== Data provided ==

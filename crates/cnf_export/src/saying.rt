//! The flags of a model that says a plan, part by part.
ghost use Rattle.std.specs.Prelude.{◌≡◌, ◌≤◌, ◌<◌, ◌==◌, ◌+◌, ◌++◌, ℕ, suc, cond, nat_le, nat_lt};
ghost use Rattle.std.specs.Prelude.{map, Bool, OnOk, IfOk};
ghost use Rattle.wf_names.specs.UserSets.{count_below};
ghost use Rattle.constraint_forms.specs.Assign.{planned};
ghost use Rattle.cnf_export.specs.Laws.Encodings.{height, numbers};
ghost use Rattle.cnf_export.specs.Models.{has_some};
ghost use Rattle.cnf_export.specs.Saying.{Says, count_flags, grid, rule_flags, rules_flags};

use crate::Model;
use constraint_forms::{Rule, Rules, StepSet};
use policy_book::Plan;
use std::alloc::AllocError;
use wf_names::StepId;

/// A plan, and how many users there are.
#[derive(Clone, Copy)]
pub(crate) struct Planned<'a> {
    pub(crate) plan: &'a Plan,
    pub(crate) users: u16,
}

// The user whom a plan gives a step.
fn user_of(plan: &Plan, s: StepId) -> u16
    ensures { result ≡ planned plan.now s }
{
    if s.0 < plan.len() { plan.at(s).0 } else { 0 }
}

// What a test says of each of the first `n` numbers.
fn say_each<F: Fn(u16) -> bool>(n: u16, test: F, into: &mut Model) -> Result<(), AllocError>
    requires { F.IsAlwaysCallable test }
    ensures { (said : ℕ → Bool) → Says (F.post test) n said
        → OnOk result (into.new ≡ into.old ++ map said (numbers 0 n)) }
{
    'numbers: for k in 0..n {
        into.push(test(k))?;
    }
    Ok(())
}

impl Planned<'_> {
    /// Of each step and user, whether the step has the user.
    pub(crate) fn say_users(&self, steps: u8, into: &mut Model) -> Result<(), AllocError>
        ensures { OnOk result (into.new
            ≡ into.old ++ grid (λ s u. planned self.now.plan.now s == u) steps self.now.users) }
    {
        'steps: for s in 0..steps {
            say_user(user_of(self.plan, StepId(s)), self.users, into)?;
        }
        Ok(())
    }

    /// Of each step and user, whether the step has the user or one before.
    pub(crate) fn say_until(&self, steps: u8, into: &mut Model) -> Result<(), AllocError>
        ensures { OnOk result (into.new ≡ into.old
            ++ grid (λ s u. nat_le (planned self.now.plan.now s) u) steps self.now.users) }
    {
        'steps: for s in 0..steps {
            say_from(user_of(self.plan, StepId(s)), self.users, into)?;
        }
        Ok(())
    }

    /// What the rules that count are asked.
    pub(crate) fn say_rules(&self, rules: &Rules, into: &mut Model) -> Result<(), AllocError>
        ensures { OnOk result (into.new
            ≡ into.old ++ rules_flags self.now.users self.now.plan.now rules.now) }
    {
        'rules: for k in 0..rules.len() {
            self.say_rule(rules.get(k), into)?;
        }
        Ok(())
    }

    fn say_rule(&self, rule: &Rule, into: &mut Model) -> Result<(), AllocError>
        ensures { OnOk result (into.new
            ≡ into.old ++ rule_flags self.now.users self.now.plan.now rule.now) }
    {
        match *rule {
            Rule::Pair { .. } => Ok(()),
            Rule::SomeOf { .. } => Ok(()),
            Rule::AllOf { .. } => Ok(()),
            Rule::SomeTo { .. } => Ok(()),
            Rule::AllTo { .. } => Ok(()),
            Rule::AtMost { limit, group } => self.say_count(limit as u16 + 1, &group, into),
            Rule::AtLeast { limit, group } => self.say_count(limit as u16, &group, into),
        }
    }

    fn say_count(&self, high: u16, group: &StepSet, into: &mut Model) -> Result<(), AllocError>
        ensures { OnOk result (into.new
            ≡ into.old ++ count_flags self.now.users self.now.plan.now high group.now) }
    {
        self.say_takers(group, into)?;
        self.say_counts(high, group, into)
    }

    fn say_takers(&self, group: &StepSet, into: &mut Model) -> Result<(), AllocError>
        ensures { OnOk result (into.new ≡ into.old
            ++ map (has_some group.now self.now.plan.now) (numbers 0 self.now.users)) }
    {
        say_each(self.users, |u| takes_some(self.plan, group, u), into)
    }

    fn say_counts(&self, high: u16, group: &StepSet, into: &mut Model) -> Result<(), AllocError>
        ensures { OnOk result (into.new ≡ into.old ++ grid (λ u j. nat_lt j
            (count_below (suc u) (has_some group.now self.now.plan.now))) self.now.users high) }
    {
        let mut count = 0u16;
        'users: for u in 0..self.users {
            count = count_on(count, takes_some(self.plan, group, u));
            say_below(count, high, into)?;
        }
        Ok(())
    }
}

fn say_user(v: u16, users: u16, into: &mut Model) -> Result<(), AllocError>
    ensures { OnOk result (into.new ≡ into.old ++ map (λ u. v == u) (numbers 0 users)) }
{
    say_each(users, |u| v == u, into)
}

fn say_from(v: u16, users: u16, into: &mut Model) -> Result<(), AllocError>
    ensures { OnOk result (into.new ≡ into.old ++ map (λ u. nat_le v u) (numbers 0 users)) }
{
    say_each(users, |u| v <= u, into)
}

// One more, where there is one.
fn count_on(count: u16, more: bool) -> u16
    requires { count < 65535 }
    ensures { result ≡ count + cond more 1 0 }
{
    if more { count + 1 } else { count }
}

fn say_below(count: u16, high: u16, into: &mut Model) -> Result<(), AllocError>
    ensures { OnOk result (into.new ≡ into.old ++ map (λ j. nat_lt j count) (numbers 0 high)) }
{
    say_each(high, |j| j < count, into)
}

// Whether a user has some step of a group.
fn takes_some(plan: &Plan, group: &StepSet, u: u16) -> bool
    ensures { result ≡ has_some group.now plan.now u }
{
    let limit = group.limit();
    'members: for t in 0..limit {
        let step = StepId(t as u8);
        if group.has(step) && user_of(plan, step) == u {
            return true;
        }
    }
    false
}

===

- [Task details]
Here the answer is the exact run of lines above, from the line with "fn say_below(count: u16, high: u16, into: &mut" down to the last, and nothing else.

- [Finished task]
fn say_below(count: u16, high: u16, into: &mut Model) -> Result<(), AllocError>
    ensures { OnOk result (into.new ≡ into.old ++ map (λ j. nat_lt j count) (numbers 0 high)) }
{
    say_each(high, |j| j < count, into)
}

// Whether a user has some step of a group.
fn takes_some(plan: &Plan, group: &StepSet, u: u16) -> bool
    ensures { result ≡ has_some group.now plan.now u }
{
    let limit = group.limit();
    'members: for t in 0..limit {
        let step = StepId(t as u8);
        if group.has(step) && user_of(plan, step) == u {
            return true;
        }
    }
    false
}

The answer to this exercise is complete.